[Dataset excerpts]
=== Section Start ===

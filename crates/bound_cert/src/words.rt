// Words, with one space between.
ghost use Rattle.std.specs.Prelude.{◌≡◌, ◌≢◌, ◌≤◌, ℕ, List, [], ◌∷◌, ◌<◌, IfSome, IfNone, IsTrue, ◌↔◌, length, slice_index, true, false, All};
ghost use Rattle.std.specs.Fmt.{decimal};
ghost use Rattle.seed_text.specs.SetWords.{IsSetWord};
ghost use Rattle.bound_cert.specs.Words.{rest_words, is_space};

use seed_model::read_number;
use seed_text::is_set_word;

// The next word of what is left of a text, and what is left then.
pub(crate) fn next_word(rest: Option<&[u8]>) -> Option<(&[u8], Option<&[u8]>)>
    ensures some { IfSome result (λ x. rest_words rest.entry ≡ x.0.now ∷ rest_words x.1) }
    ensures none { IfNone result (rest_words rest.entry ≡ []) }
{
    let text = rest?;
    match first_space(text) {
        Some(place) => Some((&text[..place], Some(&text[place + 1..]))),
        None => Some((text, None)),
    }
}

// Where the first space stands.
fn first_space(text: &[u8]) -> Option<usize>
    ensures some { IfSome result (λ i. (i < length text.now) × (is_space (slice_index text.now i) ≡ true) × ((k : ℕ) → k < i → is_space (slice_index text.now k) ≡ false)) }
    ensures none { IfNone result (All (λ b. is_space b ≡ false) text.now) }
{
    text.iter().position(|b| *b == b' ')
}

// The next word, where it is a number up to the limit.
pub(crate) fn next_number(rest: Option<&[u8]>, limit: u128) -> Option<(u128, Option<&[u8]>)>
    ensures some { IfSome result (λ x. (x.0 ≤ limit) × (rest_words rest.entry ≡ decimal x.0 ∷ rest_words x.1)) }
    ensures none { IfNone result ((n : ℕ) (ws : List (List ℕ)) → n ≤ limit → rest_words rest.entry ≢ decimal n ∷ ws) }
    ensures only { IfSome result (λ x. (n : ℕ) (ws : List (List ℕ)) → n ≤ limit → rest_words rest.entry ≡ decimal n ∷ ws → n ≡ x.0) }
{
    let (word, rest) = next_word(rest)?;
    let number = read_number(word, limit)?;
    Some((number, rest))
}

// The next word, where it may be a set's text.
pub(crate) fn next_set(rest: Option<&[u8]>) -> Option<(&[u8], Option<&[u8]>)>
    ensures some { IfSome result (λ x. IsSetWord x.0.now × (rest_words rest.entry ≡ x.0.now ∷ rest_words x.1)) }
    ensures none { IfNone result ((w : List ℕ) (ws : List (List ℕ)) → IsSetWord w → rest_words rest.entry ≢ w ∷ ws) }
{
    let (word, rest) = next_word(rest)?;
    if !is_set_word(word) {
        return None;
    }
    Some((word, rest))
}

// Whether no word is left.
pub(crate) fn at_end(rest: Option<&[u8]>) -> bool
    ensures { IsTrue result ↔ (rest_words rest.entry ≡ []) }
{
    match rest {
        None => true,
        Some(_) => false,
    }
}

=== Section End ===

## Assignment
Down to the final line, the data above must be copied exactly.

## Answer below
filename crates/bound_cert/src/words.rt
// Words, with one space between.
ghost use Rattle.std.specs.Prelude.{◌≡◌, ◌≢◌, ◌≤◌, ℕ, List, [], ◌∷◌, ◌<◌, IfSome, IfNone, IsTrue, ◌↔◌, length, slice_index, true, false, All};
ghost use Rattle.std.specs.Fmt.{decimal};
ghost use Rattle.seed_text.specs.SetWords.{IsSetWord};
ghost use Rattle.bound_cert.specs.Words.{rest_words, is_space};

use seed_model::read_number;
use seed_text::is_set_word;

// The next word of what is left of a text, and what is left then.
pub(crate) fn next_word(rest: Option<&[u8]>) -> Option<(&[u8], Option<&[u8]>)>
    ensures some { IfSome result (λ x. rest_words rest.entry ≡ x.0.now ∷ rest_words x.1) }
    ensures none { IfNone result (rest_words rest.entry ≡ []) }
{
    let text = rest?;
    match first_space(text) {
        Some(place) => Some((&text[..place], Some(&text[place + 1..]))),
        None => Some((text, None)),
    }
}

// Where the first space stands.
fn first_space(text: &[u8]) -> Option<usize>
    ensures some { IfSome result (λ i. (i < length text.now) × (is_space (slice_index text.now i) ≡ true) × ((k : ℕ) → k < i → is_space (slice_index text.now k) ≡ false)) }
    ensures none { IfNone result (All (λ b. is_space b ≡ false) text.now) }
{
    text.iter().position(|b| *b == b' ')
}

// The next word, where it is a number up to the limit.
pub(crate) fn next_number(rest: Option<&[u8]>, limit: u128) -> Option<(u128, Option<&[u8]>)>
    ensures some { IfSome result (λ x. (x.0 ≤ limit) × (rest_words rest.entry ≡ decimal x.0 ∷ rest_words x.1)) }
    ensures none { IfNone result ((n : ℕ) (ws : List (List ℕ)) → n ≤ limit → rest_words rest.entry ≢ decimal n ∷ ws) }
    ensures only { IfSome result (λ x. (n : ℕ) (ws : List (List ℕ)) → n ≤ limit → rest_words rest.entry ≡ decimal n ∷ ws → n ≡ x.0) }
{
    let (word, rest) = next_word(rest)?;
    let number = read_number(word, limit)?;
    Some((number, rest))
}

// The next word, where it may be a set's text.
pub(crate) fn next_set(rest: Option<&[u8]>) -> Option<(&[u8], Option<&[u8]>)>
    ensures some { IfSome result (λ x. IsSetWord x.0.now × (rest_words rest.entry ≡ x.0.now ∷ rest_words x.1)) }
    ensures none { IfNone result ((w : List ℕ) (ws : List (List ℕ)) → IsSetWord w → rest_words rest.entry ≢ w ∷ ws) }
{
    let (word, rest) = next_word(rest)?;
    if !is_set_word(word) {
        return None;
    }
    Some((word, rest))
}

// Whether no word is left.
pub(crate) fn at_end(rest: Option<&[u8]>) -> bool
    ensures { IsTrue result ↔ (rest_words rest.entry ≡ []) }
{
    match rest {
        None => true,
        Some(_) => false,
    }
}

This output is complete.